*Work to complete*: Extract all lines from the data beneath that include the word "MemDisk".

Saved data entries:
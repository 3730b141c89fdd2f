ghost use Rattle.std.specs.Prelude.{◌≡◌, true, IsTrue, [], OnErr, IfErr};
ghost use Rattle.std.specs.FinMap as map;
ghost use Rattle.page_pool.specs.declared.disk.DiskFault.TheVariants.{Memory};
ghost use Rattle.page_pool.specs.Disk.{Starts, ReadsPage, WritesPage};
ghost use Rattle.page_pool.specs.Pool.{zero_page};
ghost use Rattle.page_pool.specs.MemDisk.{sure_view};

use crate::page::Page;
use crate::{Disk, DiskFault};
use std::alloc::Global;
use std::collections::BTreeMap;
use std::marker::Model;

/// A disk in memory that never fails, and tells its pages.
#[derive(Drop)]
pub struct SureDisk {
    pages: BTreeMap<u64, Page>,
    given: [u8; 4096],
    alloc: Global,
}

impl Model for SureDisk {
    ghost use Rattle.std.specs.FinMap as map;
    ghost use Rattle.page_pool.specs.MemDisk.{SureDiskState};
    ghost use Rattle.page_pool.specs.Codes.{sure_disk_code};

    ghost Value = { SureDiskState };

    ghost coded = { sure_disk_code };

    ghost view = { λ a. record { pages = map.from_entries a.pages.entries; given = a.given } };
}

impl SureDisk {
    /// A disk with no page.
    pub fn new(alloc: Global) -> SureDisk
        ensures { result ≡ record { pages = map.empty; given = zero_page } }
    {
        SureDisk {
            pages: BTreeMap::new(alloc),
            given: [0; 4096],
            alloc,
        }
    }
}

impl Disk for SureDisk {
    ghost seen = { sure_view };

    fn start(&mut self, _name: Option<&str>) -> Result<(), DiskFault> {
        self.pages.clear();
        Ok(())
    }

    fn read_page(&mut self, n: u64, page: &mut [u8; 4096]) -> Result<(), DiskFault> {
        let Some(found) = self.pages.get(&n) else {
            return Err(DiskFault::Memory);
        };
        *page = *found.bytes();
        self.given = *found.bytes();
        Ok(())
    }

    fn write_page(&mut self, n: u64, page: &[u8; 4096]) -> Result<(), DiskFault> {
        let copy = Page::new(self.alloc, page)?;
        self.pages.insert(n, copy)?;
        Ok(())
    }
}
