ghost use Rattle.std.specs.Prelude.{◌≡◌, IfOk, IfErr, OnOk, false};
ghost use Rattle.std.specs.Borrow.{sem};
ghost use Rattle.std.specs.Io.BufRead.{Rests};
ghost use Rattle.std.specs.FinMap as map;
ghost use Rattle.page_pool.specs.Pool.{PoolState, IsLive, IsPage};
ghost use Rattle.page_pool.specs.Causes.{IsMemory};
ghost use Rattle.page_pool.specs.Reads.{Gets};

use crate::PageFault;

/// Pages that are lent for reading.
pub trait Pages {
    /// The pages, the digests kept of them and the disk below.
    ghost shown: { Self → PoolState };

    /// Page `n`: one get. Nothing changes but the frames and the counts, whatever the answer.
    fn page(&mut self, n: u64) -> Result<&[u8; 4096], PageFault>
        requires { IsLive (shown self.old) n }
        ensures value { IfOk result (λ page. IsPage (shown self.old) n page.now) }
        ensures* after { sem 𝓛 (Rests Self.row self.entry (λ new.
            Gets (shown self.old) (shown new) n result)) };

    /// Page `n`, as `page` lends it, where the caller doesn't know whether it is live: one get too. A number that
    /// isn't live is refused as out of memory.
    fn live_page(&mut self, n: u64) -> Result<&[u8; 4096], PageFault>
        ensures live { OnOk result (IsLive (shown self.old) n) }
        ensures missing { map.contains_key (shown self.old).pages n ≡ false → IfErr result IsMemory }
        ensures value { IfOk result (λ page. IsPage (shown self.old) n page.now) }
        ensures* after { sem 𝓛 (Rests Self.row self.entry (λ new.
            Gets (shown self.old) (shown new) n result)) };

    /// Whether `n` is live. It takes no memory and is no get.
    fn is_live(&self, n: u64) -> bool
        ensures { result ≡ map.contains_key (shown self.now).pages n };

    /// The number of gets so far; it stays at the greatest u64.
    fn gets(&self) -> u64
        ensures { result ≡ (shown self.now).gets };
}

* * *

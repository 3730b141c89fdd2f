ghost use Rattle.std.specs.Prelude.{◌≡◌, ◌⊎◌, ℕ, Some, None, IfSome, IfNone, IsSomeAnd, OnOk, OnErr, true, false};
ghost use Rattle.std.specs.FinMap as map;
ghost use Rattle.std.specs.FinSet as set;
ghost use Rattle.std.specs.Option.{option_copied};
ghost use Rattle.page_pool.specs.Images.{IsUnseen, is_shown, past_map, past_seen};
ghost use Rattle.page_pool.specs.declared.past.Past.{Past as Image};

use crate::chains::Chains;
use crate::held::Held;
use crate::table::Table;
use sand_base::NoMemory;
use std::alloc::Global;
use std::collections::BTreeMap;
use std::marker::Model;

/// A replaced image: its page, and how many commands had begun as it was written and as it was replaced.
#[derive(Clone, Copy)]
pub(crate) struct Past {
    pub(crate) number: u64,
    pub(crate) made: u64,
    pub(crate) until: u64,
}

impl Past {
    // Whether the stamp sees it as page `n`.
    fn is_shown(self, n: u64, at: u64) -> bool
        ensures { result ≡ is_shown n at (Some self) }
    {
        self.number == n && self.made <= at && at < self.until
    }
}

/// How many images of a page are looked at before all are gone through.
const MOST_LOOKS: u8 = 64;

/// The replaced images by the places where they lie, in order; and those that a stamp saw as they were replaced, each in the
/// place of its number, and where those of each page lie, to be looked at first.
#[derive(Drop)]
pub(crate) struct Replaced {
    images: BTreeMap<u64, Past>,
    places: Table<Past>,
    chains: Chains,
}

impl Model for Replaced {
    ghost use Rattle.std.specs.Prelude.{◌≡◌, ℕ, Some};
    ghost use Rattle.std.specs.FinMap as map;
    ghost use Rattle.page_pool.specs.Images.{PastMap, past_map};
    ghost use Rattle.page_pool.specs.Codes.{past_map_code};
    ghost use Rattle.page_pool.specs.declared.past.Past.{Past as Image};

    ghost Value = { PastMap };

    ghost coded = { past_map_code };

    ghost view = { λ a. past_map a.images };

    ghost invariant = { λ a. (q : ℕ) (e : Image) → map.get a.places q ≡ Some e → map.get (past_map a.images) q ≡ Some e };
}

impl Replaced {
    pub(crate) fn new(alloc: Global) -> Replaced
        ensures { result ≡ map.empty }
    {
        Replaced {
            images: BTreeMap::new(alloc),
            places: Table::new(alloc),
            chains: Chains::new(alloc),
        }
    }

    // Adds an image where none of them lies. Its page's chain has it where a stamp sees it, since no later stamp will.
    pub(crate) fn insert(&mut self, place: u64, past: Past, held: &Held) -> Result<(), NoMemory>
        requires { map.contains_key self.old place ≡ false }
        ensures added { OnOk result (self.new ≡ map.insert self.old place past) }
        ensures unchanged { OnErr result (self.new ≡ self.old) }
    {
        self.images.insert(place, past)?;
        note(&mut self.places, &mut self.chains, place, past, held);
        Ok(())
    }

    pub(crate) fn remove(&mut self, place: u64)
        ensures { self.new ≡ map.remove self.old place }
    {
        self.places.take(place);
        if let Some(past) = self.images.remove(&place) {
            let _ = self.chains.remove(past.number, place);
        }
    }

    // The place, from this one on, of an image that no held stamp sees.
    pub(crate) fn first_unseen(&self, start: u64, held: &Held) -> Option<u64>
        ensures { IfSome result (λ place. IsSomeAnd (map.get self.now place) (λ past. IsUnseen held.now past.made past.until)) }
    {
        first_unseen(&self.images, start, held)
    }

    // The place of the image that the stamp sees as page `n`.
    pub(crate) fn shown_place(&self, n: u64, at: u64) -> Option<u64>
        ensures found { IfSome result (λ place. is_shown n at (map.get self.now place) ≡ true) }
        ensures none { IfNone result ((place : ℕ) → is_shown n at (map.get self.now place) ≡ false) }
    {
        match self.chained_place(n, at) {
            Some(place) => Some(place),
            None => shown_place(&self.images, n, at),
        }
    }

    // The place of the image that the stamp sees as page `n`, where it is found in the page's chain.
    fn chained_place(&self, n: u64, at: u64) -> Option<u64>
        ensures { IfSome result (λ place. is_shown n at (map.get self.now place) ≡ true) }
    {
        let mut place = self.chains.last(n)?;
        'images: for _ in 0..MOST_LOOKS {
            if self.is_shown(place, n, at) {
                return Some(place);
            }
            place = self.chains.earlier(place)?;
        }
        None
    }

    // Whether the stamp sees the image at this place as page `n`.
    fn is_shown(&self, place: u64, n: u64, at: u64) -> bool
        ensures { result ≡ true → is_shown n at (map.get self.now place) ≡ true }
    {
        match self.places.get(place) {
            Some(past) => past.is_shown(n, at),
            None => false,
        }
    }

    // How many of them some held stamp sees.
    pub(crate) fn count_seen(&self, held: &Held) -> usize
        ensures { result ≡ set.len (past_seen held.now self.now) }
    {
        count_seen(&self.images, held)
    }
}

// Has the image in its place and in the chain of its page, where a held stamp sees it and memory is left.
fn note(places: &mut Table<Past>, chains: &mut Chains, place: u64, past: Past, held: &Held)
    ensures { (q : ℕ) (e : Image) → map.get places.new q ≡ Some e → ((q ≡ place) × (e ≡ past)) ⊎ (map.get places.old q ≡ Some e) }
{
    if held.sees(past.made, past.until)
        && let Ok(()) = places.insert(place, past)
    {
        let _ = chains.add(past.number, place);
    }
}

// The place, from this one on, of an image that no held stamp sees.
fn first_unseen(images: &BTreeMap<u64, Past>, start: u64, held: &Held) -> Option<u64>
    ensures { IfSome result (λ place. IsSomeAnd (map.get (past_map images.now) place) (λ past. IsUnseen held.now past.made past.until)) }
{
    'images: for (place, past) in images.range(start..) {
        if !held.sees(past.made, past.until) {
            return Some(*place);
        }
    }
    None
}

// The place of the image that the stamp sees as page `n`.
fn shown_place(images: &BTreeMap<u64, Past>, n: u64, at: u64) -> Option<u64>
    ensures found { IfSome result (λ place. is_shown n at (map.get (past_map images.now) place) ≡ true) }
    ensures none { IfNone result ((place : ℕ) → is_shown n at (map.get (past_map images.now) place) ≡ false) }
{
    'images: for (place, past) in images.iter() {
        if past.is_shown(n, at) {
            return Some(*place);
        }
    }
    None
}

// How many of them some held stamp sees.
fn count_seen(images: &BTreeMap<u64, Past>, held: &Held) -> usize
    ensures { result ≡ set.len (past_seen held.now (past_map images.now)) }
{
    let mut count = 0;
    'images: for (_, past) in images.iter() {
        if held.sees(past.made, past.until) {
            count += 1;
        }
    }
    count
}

---

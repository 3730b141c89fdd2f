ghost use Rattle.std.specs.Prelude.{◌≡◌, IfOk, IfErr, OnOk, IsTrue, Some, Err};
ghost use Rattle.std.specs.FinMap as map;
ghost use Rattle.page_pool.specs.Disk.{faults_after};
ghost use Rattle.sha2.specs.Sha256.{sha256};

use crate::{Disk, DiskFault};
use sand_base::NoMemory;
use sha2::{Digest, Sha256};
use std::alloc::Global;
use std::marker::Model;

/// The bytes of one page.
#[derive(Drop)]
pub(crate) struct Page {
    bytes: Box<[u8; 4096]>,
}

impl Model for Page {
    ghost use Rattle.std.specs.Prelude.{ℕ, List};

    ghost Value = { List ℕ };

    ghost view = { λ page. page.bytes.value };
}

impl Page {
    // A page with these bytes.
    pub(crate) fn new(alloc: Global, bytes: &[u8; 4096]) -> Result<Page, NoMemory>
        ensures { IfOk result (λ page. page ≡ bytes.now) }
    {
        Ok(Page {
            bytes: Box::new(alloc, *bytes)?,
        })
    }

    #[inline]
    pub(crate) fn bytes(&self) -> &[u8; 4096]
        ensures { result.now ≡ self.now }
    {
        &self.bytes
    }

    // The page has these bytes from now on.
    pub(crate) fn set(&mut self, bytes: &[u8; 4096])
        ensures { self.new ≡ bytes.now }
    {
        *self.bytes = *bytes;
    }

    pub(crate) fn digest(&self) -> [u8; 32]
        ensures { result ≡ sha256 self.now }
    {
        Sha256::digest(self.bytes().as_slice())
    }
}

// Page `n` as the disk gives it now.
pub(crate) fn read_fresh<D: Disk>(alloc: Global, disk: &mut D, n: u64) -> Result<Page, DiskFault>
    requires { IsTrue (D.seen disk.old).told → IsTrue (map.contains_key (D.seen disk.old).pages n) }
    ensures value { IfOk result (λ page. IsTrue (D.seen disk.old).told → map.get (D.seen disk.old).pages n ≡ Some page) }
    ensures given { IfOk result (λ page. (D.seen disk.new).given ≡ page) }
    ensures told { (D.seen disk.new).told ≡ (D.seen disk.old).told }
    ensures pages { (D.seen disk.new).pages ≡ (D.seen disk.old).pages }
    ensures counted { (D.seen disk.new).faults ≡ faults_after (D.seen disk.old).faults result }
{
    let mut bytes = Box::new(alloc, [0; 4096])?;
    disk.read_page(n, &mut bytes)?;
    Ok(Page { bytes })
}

*Response to the exercise*:
ghost use Rattle.page_pool.specs.MemDisk.{sure_view};
    ghost use Rattle.page_pool.specs.MemDisk.{SureDiskState};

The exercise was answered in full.